INSTRUCTIONS FOR THE TASK:
Your job is to copy all the entries precisely as they stand.

[Stored data]
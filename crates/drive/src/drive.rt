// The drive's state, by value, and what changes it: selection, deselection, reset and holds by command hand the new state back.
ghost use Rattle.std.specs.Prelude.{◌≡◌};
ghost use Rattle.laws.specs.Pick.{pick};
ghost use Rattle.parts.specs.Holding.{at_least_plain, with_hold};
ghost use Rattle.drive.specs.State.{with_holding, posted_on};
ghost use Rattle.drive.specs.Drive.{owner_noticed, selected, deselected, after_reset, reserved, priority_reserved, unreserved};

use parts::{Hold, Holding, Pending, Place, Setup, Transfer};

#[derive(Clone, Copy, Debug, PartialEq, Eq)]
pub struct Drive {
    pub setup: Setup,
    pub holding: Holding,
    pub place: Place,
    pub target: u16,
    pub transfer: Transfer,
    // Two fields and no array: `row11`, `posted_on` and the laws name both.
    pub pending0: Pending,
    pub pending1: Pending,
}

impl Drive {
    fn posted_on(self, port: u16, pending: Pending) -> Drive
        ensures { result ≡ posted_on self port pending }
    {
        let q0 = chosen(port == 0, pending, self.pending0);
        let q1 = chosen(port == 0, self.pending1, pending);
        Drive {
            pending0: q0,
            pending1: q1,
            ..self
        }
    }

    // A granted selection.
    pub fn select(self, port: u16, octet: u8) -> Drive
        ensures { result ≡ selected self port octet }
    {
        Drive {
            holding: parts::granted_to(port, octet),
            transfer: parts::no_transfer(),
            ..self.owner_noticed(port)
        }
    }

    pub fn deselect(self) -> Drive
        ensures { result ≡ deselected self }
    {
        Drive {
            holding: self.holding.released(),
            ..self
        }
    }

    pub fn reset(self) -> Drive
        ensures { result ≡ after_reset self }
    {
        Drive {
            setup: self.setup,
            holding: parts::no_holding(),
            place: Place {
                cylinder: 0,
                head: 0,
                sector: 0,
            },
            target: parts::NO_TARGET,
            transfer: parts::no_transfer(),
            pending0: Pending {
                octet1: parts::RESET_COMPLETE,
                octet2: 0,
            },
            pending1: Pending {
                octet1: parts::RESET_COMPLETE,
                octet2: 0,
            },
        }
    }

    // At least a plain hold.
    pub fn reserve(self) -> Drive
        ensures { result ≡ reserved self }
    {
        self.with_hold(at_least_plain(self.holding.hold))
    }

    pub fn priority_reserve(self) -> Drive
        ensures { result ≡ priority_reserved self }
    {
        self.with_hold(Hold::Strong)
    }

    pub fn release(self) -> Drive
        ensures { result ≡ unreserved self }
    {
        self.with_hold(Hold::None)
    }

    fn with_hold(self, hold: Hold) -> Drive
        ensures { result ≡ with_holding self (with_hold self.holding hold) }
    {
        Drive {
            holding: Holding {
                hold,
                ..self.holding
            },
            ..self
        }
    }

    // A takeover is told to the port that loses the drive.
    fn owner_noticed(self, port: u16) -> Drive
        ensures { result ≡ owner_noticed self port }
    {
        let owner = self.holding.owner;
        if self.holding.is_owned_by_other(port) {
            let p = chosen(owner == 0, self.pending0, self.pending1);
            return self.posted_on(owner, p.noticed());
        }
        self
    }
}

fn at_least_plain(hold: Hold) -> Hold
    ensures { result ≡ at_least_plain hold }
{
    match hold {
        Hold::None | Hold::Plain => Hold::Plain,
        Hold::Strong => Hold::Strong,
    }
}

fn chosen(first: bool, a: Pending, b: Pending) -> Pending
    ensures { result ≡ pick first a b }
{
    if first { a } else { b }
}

WRITTEN RESPONSE:
filename crates/drive/src/drive.rt
// The drive's state, by value, and what changes it: selection, deselection, reset and holds by command hand the new state back.
ghost use Rattle.std.specs.Prelude.{◌≡◌};
ghost use Rattle.laws.specs.Pick.{pick};
ghost use Rattle.parts.specs.Holding.{at_least_plain, with_hold};
ghost use Rattle.drive.specs.State.{with_holding, posted_on};
ghost use Rattle.drive.specs.Drive.{owner_noticed, selected, deselected, after_reset, reserved, priority_reserved, unreserved};

use parts::{Hold, Holding, Pending, Place, Setup, Transfer};

#[derive(Clone, Copy, Debug, PartialEq, Eq)]
pub struct Drive {
    pub setup: Setup,
    pub holding: Holding,
    pub place: Place,
    pub target: u16,
    pub transfer: Transfer,
    // Two fields and no array: `row11`, `posted_on` and the laws name both.
    pub pending0: Pending,
    pub pending1: Pending,
}

impl Drive {
    fn posted_on(self, port: u16, pending: Pending) -> Drive
        ensures { result ≡ posted_on self port pending }
    {
        let q0 = chosen(port == 0, pending, self.pending0);
        let q1 = chosen(port == 0, self.pending1, pending);
        Drive {
            pending0: q0,
            pending1: q1,
            ..self
        }
    }

    // A granted selection.
    pub fn select(self, port: u16, octet: u8) -> Drive
        ensures { result ≡ selected self port octet }
    {
        Drive {
            holding: parts::granted_to(port, octet),
            transfer: parts::no_transfer(),
            ..self.owner_noticed(port)
        }
    }

    pub fn deselect(self) -> Drive
        ensures { result ≡ deselected self }
    {
        Drive {
            holding: self.holding.released(),
            ..self
        }
    }

    pub fn reset(self) -> Drive
        ensures { result ≡ after_reset self }
    {
        Drive {
            setup: self.setup,
            holding: parts::no_holding(),
            place: Place {
                cylinder: 0,
                head: 0,
                sector: 0,
            },
            target: parts::NO_TARGET,
            transfer: parts::no_transfer(),
            pending0: Pending {
                octet1: parts::RESET_COMPLETE,
                octet2: 0,
            },
            pending1: Pending {
                octet1: parts::RESET_COMPLETE,
                octet2: 0,
            },
        }
    }

    // At least a plain hold.
    pub fn reserve(self) -> Drive
        ensures { result ≡ reserved self }
    {
        self.with_hold(at_least_plain(self.holding.hold))
    }

    pub fn priority_reserve(self) -> Drive
        ensures { result ≡ priority_reserved self }
    {
        self.with_hold(Hold::Strong)
    }

    pub fn release(self) -> Drive
        ensures { result ≡ unreserved self }
    {
        self.with_hold(Hold::None)
    }

    fn with_hold(self, hold: Hold) -> Drive
        ensures { result ≡ with_holding self (with_hold self.holding hold) }
    {
        Drive {
            holding: Holding {
                hold,
                ..self.holding
            },
            ..self
        }
    }

    // A takeover is told to the port that loses the drive.
    fn owner_noticed(self, port: u16) -> Drive
        ensures { result ≡ owner_noticed self port }
    {
        let owner = self.holding.owner;
        if self.holding.is_owned_by_other(port) {
            let p = chosen(owner == 0, self.pending0, self.pending1);
            return self.posted_on(owner, p.noticed());
        }
        self
    }
}

fn at_least_plain(hold: Hold) -> Hold
    ensures { result ≡ at_least_plain hold }
{
    match hold {
        Hold::None | Hold::Plain => Hold::Plain,
        Hold::Strong => Hold::Strong,
    }
}

fn chosen(first: bool, a: Pending, b: Pending) -> Pending
    ensures { result ≡ pick first a b }
{
    if first { a } else { b }
}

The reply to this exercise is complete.